During the first onslaught of the virus, from March to early July, which included the home lockdown, the Ministry of Health officially registered 28,363 deaths. In the following five months, during the second wave, the number of deaths was lower, at 18,981. The harsh third wave saw a huge rebound in the cumulative incidence rate and number of people in hospital after the relaxation of restrictions at Christmas, leaving 25,449 deaths in just three months.
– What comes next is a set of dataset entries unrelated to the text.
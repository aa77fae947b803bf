//! The part with the most prose, where the page says nothing.
ghost use Rattle.std.specs.Prelude.{◌≡◌};
ghost use Rattle.htmd_nodes.specs.Views.{data_of};
ghost use Rattle.htmd_article.specs.ChoiceViews.{best_of};
ghost use Rattle.htmd_article.specs.Density as spec;
ghost use Rattle.htmd_article.specs.PartViews.{part_of};

use crate::choices::Chosen;
use crate::facts::Facts;
use crate::names::is_container;
use crate::parts::Part;
use htmd_nodes::NodeData;

/// The best part so far, and whether it is the body or was found by density.
#[derive(Clone, Copy, Drop)]
pub(crate) struct Best<'p, 't> {
    pub(crate) chosen: Chosen,
    pub(crate) part: &'p Part<'t>,
}

/// Whether it has more prose above half its links than another.
fn is_denser(facts: Facts, than: Facts) -> bool
    ensures { result ≡ spec.is_denser facts than }
{
    let (prose, links) = (facts.prose as u128, facts.links as u128);
    let (other_prose, other_links) = (than.prose as u128, than.links as u128);
    2 * other_prose + links < 2 * prose + other_links
}

/// Whether the node can be chosen: it is a container of a heading.
fn holds_title(node: &NodeData, facts: Facts) -> bool
    ensures { result ≡ spec.holds_title (data_of node.now) facts }
{
    match node {
        NodeData::Element { name, .. } => is_container(name) && facts.has_heading,
        NodeData::Document | NodeData::Doctype | NodeData::Text(_) | NodeData::Comment(_) => false,
    }
}

/// Whether so many letters are at least nine tenths of a whole.
fn holds_most(total: usize, prose: usize) -> bool
    ensures { result ≡ spec.holds_most total prose }
{
    total.saturating_sub(prose) <= total / 10
}

/// The part, if it is better than the best so far.
fn better<'p, 't>(best: Best<'p, 't>, part: &'p Part<'t>) -> Best<'p, 't>
    ensures { best_of result ≡ spec.better (best_of best.entry) (part_of part.now) }
{
    if holds_title(part.node, part.facts) && is_denser(part.facts, best.part.facts) {
        let chosen = Chosen::Density;
        return Best { chosen, part };
    }
    best
}

/// The best part in this one, going down while a part holds nine tenths of the prose.
fn densest_below<'p, 't>(total: usize, best: Best<'p, 't>, part: &'p Part<'t>) -> Best<'p, 't>
    ensures { best_of result ≡ spec.densest_below total (best_of best.entry) (part_of part.now) }
{
    for inner in &part.parts {
        if holds_most(total, inner.facts.prose) {
            return densest_below(total, better(best, inner), inner);
        }
    }
    best
}

/// The part of a body with the most prose and few links.
pub(crate) fn densest<'p, 't>(body: &'p Part<'t>) -> Best<'p, 't>
    ensures { best_of result ≡ spec.densest_of (part_of body.now) }
{
    let chosen = Chosen::Body;
    let best = Best { chosen, part: body };
    if body.facts.prose == 0 {
        return best;
    }
    densest_below(body.facts.prose, best, body)
}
Finally, the fourth wave, which health expert Fernando Simón has described on several occasions as 'ripple', left more than 7,000 dead in two and a half months.

Probably the only positive aspect of the data appears to be when looking at the time it took Spain to go from 70,000 to 80,000 deaths: taking some three months, from 3 March to 2 June, the longest period of time since the 20,000-30,000 range (18 April to 15 September, nearly five months).

Spain reached 10,000 deaths from Covid-19 in less than two months (13 February to 3 April); from 10,000 to 20,000, in 15 days (from 3 to 18 April); from 30,000 to 40,000, in less than two months (from 15 September to 11 November); from 40,000 to 50,000, in a month and a half (from 11 November to 28 December); from 50,000 to 60,000, in little more than a month (from 28 December to 3 February); and from 60,000 to 70,000, in just one month (from 3 February to 3 March).

From the start, controversy has accompanied the death statistics from the Ministry of Health because they only include victims who were tested positive, something that, mainly during the first wave, did not happen in all cases due to the lack of tests in the country, so the official numbers have been questioned by public organisations, universities and even international institutions.

Spain’s National Institute of Statistics (INE) compares weekly deaths since the beginning of the pandemic with historical data on deaths since 2000. According to this data, excess mortality in Spain since March of last year until mid-May of this year stands at 96,658 people.

Meanwhile, a study by the University of Washington indicates that the number of deaths in Spain from Covid-19 (and not from other causes) stands at 124,449.